How Countries Earn AAA Rating: Part 1 of 5

How Countries Earn Triple A Rating: Part 1

Sovereign Rating is a crucial measure of a country’s financial, political, and economic health. A country’s Credit Rating impacts its domestic and international financial development and serves as a focal point for financial monitoring. Credit Rating Agencies provide important information to investors for their decision-making process, and a favorable rating can improve a country’s international financial integration.

However, only a few countries are part of the AAA club in the world of credit rating. Switzerland is one of those countries, having climbed to this height due to various factors. Its AAA Rating is supported by its large net creditor position, high and persistent current account surpluses, and the global reserve currency status of the Swiss franc.

Switzerland’s general government fiscal deficit narrowed substantially in 2021, helped by strong revenue generation, underspending on Covid-19 measures, and extraordinary SNB profit distribution. The country’s prudent fiscal policymaking and strong revenue performance during the pandemic led to a small increase in debt, but a further debt reduction is expected. The debt-GDP ratio is expected to return to pre-pandemic levels in 2023, and Switzerland’s strict fiscal rules call for a further CHF25 billion-CHF30 billion (3.2%-3.8% of GDP) debt reduction over the next five years, corresponding to all extraordinary expenditure during the pandemic (minus extraordinary revenue).

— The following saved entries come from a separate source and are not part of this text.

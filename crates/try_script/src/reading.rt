//! Reads a file of rows.
//!
//! ```text
//! >> script            the words of the rows below, up to the next `>>`
//! start 80 24 none     input that stands before that of each of these rows
//! join owner
//! --
//! started 1            answers that stand before those of each of these rows
//! joined 1 1
//!
//! == one key           a row, and what it shows
//! write 1 3.key,2.97,1.1;
//! -- 0                 the status
//! written 1 0 0        the answers
//! ```
//!
//! The input and the answers are in the notation of `try_notation`, and empty lines of the answers don't
//! count. After `==` may stand comments, which begin with `#`, and settings, which begin with `@`. After the
//! status may stand `front`, where a front of the answers is written, or `end`, where the answers end so.
//! Then may come `-- frames`, or `-- frames front` or `-- frames end`, and what is written to the sink of
//! frames.
//!
//! - `@ piece 1`, `@ answers piece 5` and `@ frames piece 9`: how many bytes a read gives at most, and how
//!   many a write takes of the answers and of the frames; 7, 64 and 4,096 where none is told.
//! - `@ source 2`, `@ answers 1` and `@ frames 4`: the number of the call that fails.
//! - `@ sweep source 50`, `@ sweep answers 53` and `@ sweep frames 80`: so many reads, or so many writes of
//!   one sink, does the run make. It is run again with each of them failing, and ends then with the fault's
//!   status and with fronts of the answers and of the frames.
//! - `@ turns 1`: each read gives a line, and has to come after the answers to the lines before it.

use crate::draft::{Draft, Opening};
use crate::row::Row;
use anyhow::{Context, Result, bail};
use std::alloc::Global;

/// The rows of the file.
pub fn read_rows(alloc: Global, text: &str) -> Result<Vec<Row>> {
    let mut reader = FileReader {
        alloc,
        rows: Vec::new(alloc),
        opening: None,
        draft: None,
    };
    for (place, line) in text.lines().enumerate() {
        let number = place.saturating_add(1);
        reader.line(line).context(format_args!("line {number}"))?;
    }
    reader.end_draft()?;
    Ok(reader.rows)
}

// What is read so far of a file.
#[derive(Drop)]
struct FileReader {
    alloc: Global,
    rows: Vec<Row>,
    opening: Option<Opening>,
    draft: Option<Draft>,
}

impl FileReader {
    fn line(&mut self, line: &str) -> Result<()> {
        if let Some(words) = line.strip_prefix(">>") {
            self.end_draft()?;
            self.draft = Some(Draft::new(self.alloc, words, true)?);
        } else if let Some(title) = line.strip_prefix("== ") {
            self.end_draft()?;
            self.draft = Some(Draft::new(self.alloc, title, false)?);
        } else if let Some(draft) = self.draft.as_mut() {
            draft.line(line)?;
        } else if !line.is_empty() && !line.starts_with('#') {
            bail!("no words yet");
        }
        Ok(())
    }

    // Ends what was begun, if anything was.
    fn end_draft(&mut self) -> Result<()> {
        let Some(draft) = self.draft.take() else {
            return Ok(());
        };
        if draft.is_opening {
            self.opening = Some(draft.into_opening(self.alloc)?);
            Ok(())
        } else {
            self.add(draft)
        }
    }

    fn add(&mut self, draft: Draft) -> Result<()> {
        let Some(opening) = self.opening.as_ref() else {
            bail!("no words yet");
        };
        let row = draft.into_row(self.alloc, opening)?;
        self.rows.push(row)?;
        Ok(())
    }
}
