use crate::{Acts, Asked, Bytes, Cause};

/// A call on a session's desk.
#[derive(Drop)]
pub enum Event {
    /// Bytes of the Telnet host, and the clock.
    Feed { bytes: Bytes, now: u64 },
    /// A viewer joins.
    Join { asked: Asked },
    /// A viewer reads.
    Read { viewer: u32 },
    /// A viewer's instructions.
    Write { viewer: u32, acts: Acts },
    /// A viewer gives the screen another size.
    Resize { viewer: u32, cols: u16, rows: u16 },
    /// At most so many bytes are taken for the Telnet host.
    Take { most: u64 },
    /// A viewer leaves.
    Leave { viewer: u32 },
    /// The session is closed.
    Close { cause: Cause },
}
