ghost use Rattle.std.specs.Prelude.{◌≡◌};
ghost use Rattle.gate_model.specs.declared.read_refusal.ReadRefusal.TheVariants.{NoMemory as no_memory};

use crate::NoMemory;
use std::alloc::AllocError;

/// Why a read was refused; the first cause that holds is given (this project's own rule).
#[derive(Clone, Copy, Debug, PartialEq, Eq)]
pub enum ReadRefusal {
    /// The viewer never joined, or has left.
    NoViewer,
    /// The session has this many entries, and may have no more.
    Worn { entries: u64 },
    /// Want of memory.
    NoMemory,
}

impl From<NoMemory> for ReadRefusal {
    ghost from_gives = { λ _ e. e ≡ no_memory };

    fn from(_refused: NoMemory) -> ReadRefusal {
        ReadRefusal::NoMemory
    }
}

impl From<AllocError> for ReadRefusal {
    ghost from_gives = { λ _ e. e ≡ no_memory };

    fn from(_refused: AllocError) -> ReadRefusal {
        ReadRefusal::NoMemory
    }
}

In addition to its fiscal discipline, Switzerland’s economic resilience to shocks, relatively low inflation, and strong banking sector have further strengthened its credit rating. However, as AAA is the highest level on a rating scale, the only rating action that can occur in the future is a downgrade. Rating Agencies warned that a sharp correction in the Swiss residential real estate market or large losses on banks’ trading and lending portfolios could lead to a negative rating action or downgrade, resulting in significant spill-overs to Switzerland’s public finances and economic performance given the large size of the banking sector.

(Please note that the Credit Rating view expressed in this write-up was only adapted and not that of DataPro.)